Purpose: Biliary stents may cause susceptibility artifacts, gradient-induced artifacts, and radio frequency (RF) induced artifacts on magnetic resonance images, which can hinder accurate target volume delineation in radiotherapy. In this study, the authors investigated and quantified the magnitude of these artifacts for stents of different materials.
Methods: Eight biliary stents made of nitinol, platinum-cored nitinol, stainless steel, or polyethylene from seven vendors, with different lengths (57-98 mm) and diameters (3.0-11.7 mm), were placed in a phantom. To quantify the susceptibility artifacts sequence-independently, ΔB0-maps and T2∗-maps were acquired at 1.5 and 3 T. To study the effect of the gradient-induced artifacts at 3 T, signal decay in images obtained with maximum readout gradient-induced artifacts was compared to signal decay in reference scans. To quantify the RF induced artifacts at 3 T, B1-maps were acquired. Finally, ΔB0-maps and T2∗-maps were acquired at 3 T of two pancreatic cancer patients who had received platinum-cored nitinol biliary stents.

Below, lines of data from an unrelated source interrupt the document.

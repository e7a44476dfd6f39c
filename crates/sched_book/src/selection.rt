//! Selections of a world's instances: their places, their number and their credit, found by going through all instances.

ghost use Rattle.std.specs.Prelude.{◌≡◌, ◌≤◌, ◌++◌, ◌&&◌, length, count_by, sum_by, IfOk, OnOk};
ghost use Rattle.std.specs.List.{list_any};
ghost use Rattle.sched_book.specs.Count.{is_valid};
ghost use Rattle.sched_book.specs.Desk.{units_from};
ghost use Rattle.sched_book.specs.Limits.{most_instances, IsBounded};
ghost use Rattle.sched_book.specs.Places.{is_of_user, book_verdict, places_in, places_where};
ghost use Rattle.sched_book.specs.Selections.{includes, credit_of};
ghost use Rattle.sched_book.specs.declared.instance.UnitBook.{UnitBook};

use crate::by_place::nth;
use crate::count::{agreement_by, canonical, is_valid, verdict_by};
use crate::instance::{Instance, Place, UnitBook};
use crate::moment::Moment;
use crate::rows::{App, HostRow};
use crate::world::World;
use std::alloc::Global;
use texts::{Listed, Memory};

/// Which of a world's instances are selected.
#[derive(Clone, Copy)]
pub enum Selection {
    /// Those that were given to the host of this number.
    OwnedBy(u32),
    /// Those that this host holds.
    HeldBy(u32),
    /// Those that were given to a host on a day.
    SentOn { host: u32, day: u64 },
    /// Those that were given to a host of the account at this place.
    OfUser(u32),
    /// Those that are held, and whose deadline is before this moment.
    Overdue(Moment),
}

/// Whether the instance was given to a host of the account at this place.
fn is_of_user(hosts: &[HostRow], account: u32, instance: &Instance) -> bool
    ensures { result ≡ is_of_user hosts.now account instance.now }
{
    let Some(host) = instance.owner_host() else {
        return false;
    };
    match nth(hosts, host) {
        None => false,
        Some(host) => host.account == account,
    }
}

impl Selection {
    /// Whether an instance is selected, if these are the hosts.
    fn includes(&self, hosts: &[HostRow], instance: &Instance) -> bool
        ensures { result ≡ includes hosts.now self.now instance.now }
    {
        match *self {
            Selection::OwnedBy(host) => instance.is_owned_by(host),
            Selection::HeldBy(host) => instance.is_held_by(host),
            Selection::SentOn { host, day } => instance.was_sent(host, day),
            Selection::OfUser(account) => is_of_user(hosts, account, instance),
            Selection::Overdue(now) => instance.is_overdue(now),
        }
    }

    /// How many of these instances are selected.
    fn count_in(&self, hosts: &[HostRow], instances: &[Instance]) -> usize
        ensures value { result ≡ count_by (includes hosts.now self.now) instances.now }
        ensures few { result ≤ length instances.now }
    {
        instances
            .iter()
            .filter(|instance| self.includes(hosts, instance))
            .count()
    }

    /// Whether any of these instances is selected.
    fn is_in(&self, hosts: &[HostRow], instances: &[Instance]) -> bool
        ensures { result ≡ list_any (includes hosts.now self.now) instances.now }
    {
        instances
            .iter()
            .any(|instance| self.includes(hosts, instance))
    }

    /// How many of a workunit's instances are selected and have a valid result.
    fn valid_count(&self, hosts: &[HostRow], apps: &[App], book: &UnitBook) -> usize
        requires { length book.now.instances ≤ most_instances }
        ensures value { result ≡ count_by (λ x. includes hosts.now self.now x && is_valid (book_verdict apps.now book.now x)) book.now.instances }
        ensures few { result ≤ length book.now.instances }
    {
        let instances = book.instances.as_slice();
        let agreement = agreement_by(apps, book.unit.app.as_str());
        let canonical = canonical(&agreement, &book.unit, instances);
        instances
            .iter()
            .filter(|instance| self.includes(hosts, instance)
                && is_valid(verdict_by(&agreement, instances, canonical, instance)))
            .count()
    }

    /// Adds the places of a workunit's selected instances after the others.
    fn add_places(
        &self,
        places: &mut Listed<Place>,
        hosts: &[HostRow],
        unit: u32,
        instances: &[Instance],
    ) -> Result<(), Memory>
        requires { length instances.now ≤ most_instances }
        ensures { OnOk result (places.new ≡ places.old ++ places_in unit 0 (includes hosts.now self.now) instances.now) }
    {
        for (number, instance) in instances.iter().enumerate() {
            if self.includes(hosts, instance) {
                places.push(Place {
                    unit,
                    number: number as u32,
                })?;
            }
        }
        Ok(())
    }

    /// The places of the selected instances, in order.
    pub(crate) fn places(&self, alloc: Global, world: &World) -> Result<Listed<Place>, Memory>
        requires { IsBounded world.now }
        ensures { IfOk result (λ places. places ≡ places_where world.now (λ b x. includes world.now.hosts self.now x)) }
    {
        let mut places = Listed::new(alloc);
        for (index, book) in world.units.as_slice().iter().enumerate() {
            self.add_places(
                &mut places,
                world.hosts.as_slice(),
                index as u32 + 1,
                book.instances.as_slice(),
            )?;
        }
        Ok(places)
    }

    /// How many instances are selected.
    pub(crate) fn count(&self, world: &World) -> u32
        requires { IsBounded world.now }
        ensures { result ≡ sum_by (λ (b : UnitBook). count_by (includes world.now.hosts self.now) b.instances) world.now.units }
    {
        let mut count = 0;
        for book in world.units.as_slice() {
            count += self.count_in(world.hosts.as_slice(), book.instances.as_slice());
        }
        count as u32
    }

    /// The places of the workunits with a selected instance, in order.
    pub(crate) fn units(&self, alloc: Global, world: &World) -> Result<Listed<u32>, Memory>
        requires { IsBounded world.now }
        ensures { IfOk result (λ units. units ≡ units_from 1 (λ (b : UnitBook). list_any (includes world.now.hosts self.now) b.instances) world.now.units) }
    {
        let mut units = Listed::new(alloc);
        for (index, book) in world.units.as_slice().iter().enumerate() {
            if self.is_in(world.hosts.as_slice(), book.instances.as_slice()) {
                units.push(index as u32 + 1)?;
            }
        }
        Ok(units)
    }

    /// The millicredits of the selected instances together.
    pub(crate) fn credit(&self, world: &World) -> u64
        requires { IsBounded world.now }
        ensures { result ≡ sum_by (credit_of world.now.hosts world.now.apps self.now) world.now.units }
    {
        let mut credit = 0;
        for book in world.units.as_slice() {
            let valid = self.valid_count(world.hosts.as_slice(), world.apps.as_slice(), book);
            credit += u64::from(book.unit.credit) * valid as u64;
        }
        credit
    }
}
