//! What has a name or is at a place: asked of a desk, or of anything else that knows the workunits.

ghost use Rattle.std.specs.Prelude.{◌≡◌, IfOk, IfErr};
ghost use Rattle.sched_book.specs.Places.{status_at, place_named, place_of_parts};
ghost use Rattle.sched_book.specs.Trusted.{Trusted};

use crate::count;
use crate::desk::{Unavailable, Units};
use crate::instance::{Place, Status};
use crate::names::split_name;
use std::alloc::Global;

/// The status of the workunit at a place; if there is no workunit, it counts as failed.
pub fn status_at<U: Units>(alloc: Global, units: &mut U, unit: u32) -> Result<Status, Unavailable>
    ensures reads { U.reads units.old units.new }
    ensures answer { Trusted U.Units units.old units.new (IfOk result (λ status. status ≡ status_at (U.world units.old) unit)) }
    ensures causes { Trusted U.Units units.old units.new (IfErr result (U.may_fail units.old)) }
{
    let Some(row) = units.unit(alloc, unit)? else {
        return Ok(Status::FailedTotal);
    };
    let Some(agreement) = units.agreement_of(alloc, unit)? else {
        return Ok(Status::FailedTotal);
    };
    let instances = units.instances_of(alloc, unit)?;
    Ok(count::status(&agreement, &row, instances.as_slice()))
}

/// The place of the instance of this number of the workunit of this name, if it exists.
fn place_of_parts<U: Units>(
    alloc: Global,
    units: &mut U,
    name: &str,
    number: u32,
) -> Result<Option<Place>, Unavailable>
    ensures reads { U.reads units.old units.new }
    ensures answer { Trusted U.Units units.old units.new (
        IfOk result (λ place. place ≡ place_of_parts (U.world units.old) (name.now, number))) }
    ensures causes { Trusted U.Units units.old units.new (IfErr result (U.may_fail units.old)) }
{
    let Some(unit) = units.unit_by_name(name)? else {
        return Ok(None);
    };
    match units.instance(alloc, unit, number)? {
        None => Ok(None),
        Some(_) => Ok(Some(Place { unit, number })),
    }
}

/// The place of the instance that a name denotes.
pub fn place_named<U: Units>(
    alloc: Global,
    units: &mut U,
    name: &str,
) -> Result<Option<Place>, Unavailable>
    ensures reads { U.reads units.old units.new }
    ensures answer { Trusted U.Units units.old units.new (
        IfOk result (λ place. place ≡ place_named (U.world units.old) name.now)) }
    ensures causes { Trusted U.Units units.old units.new (IfErr result (U.may_fail units.old)) }
{
    match split_name(name) {
        None => Ok(None),
        Some((unit, number)) => place_of_parts(alloc, units, unit, number),
    }
}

Results: Outside the stent, susceptibility artifacts dominated the other artifacts. The stainless steel stent produced the largest susceptibility artifacts. The other stents caused decreased T2∗ up to 5.1 mm (1.5 T) and 8.5 mm (3 T) from the edge of the stent. For sequences with a higher bandwidth per voxel (1.5 T: BWvox > 275 Hz/voxel; 3 T: BWvox > 500 Hz/voxel), the B0-related susceptibility artifacts were negligible (<0.2 voxels). The polyethylene stent showed no artifacts. In vivo, the changes in B0 and T2∗ induced by the stent were larger than typical variations in B0 and T2∗ induced by anatomy when the stent was at an angle of 30° with the main magnetic field.
Conclusions: Susceptibility artifacts were dominating over the other artifacts. The magnitudes of the susceptibility artifacts were determined sequence-independently. This method allows to include additional safety margins that ensure target irradiation.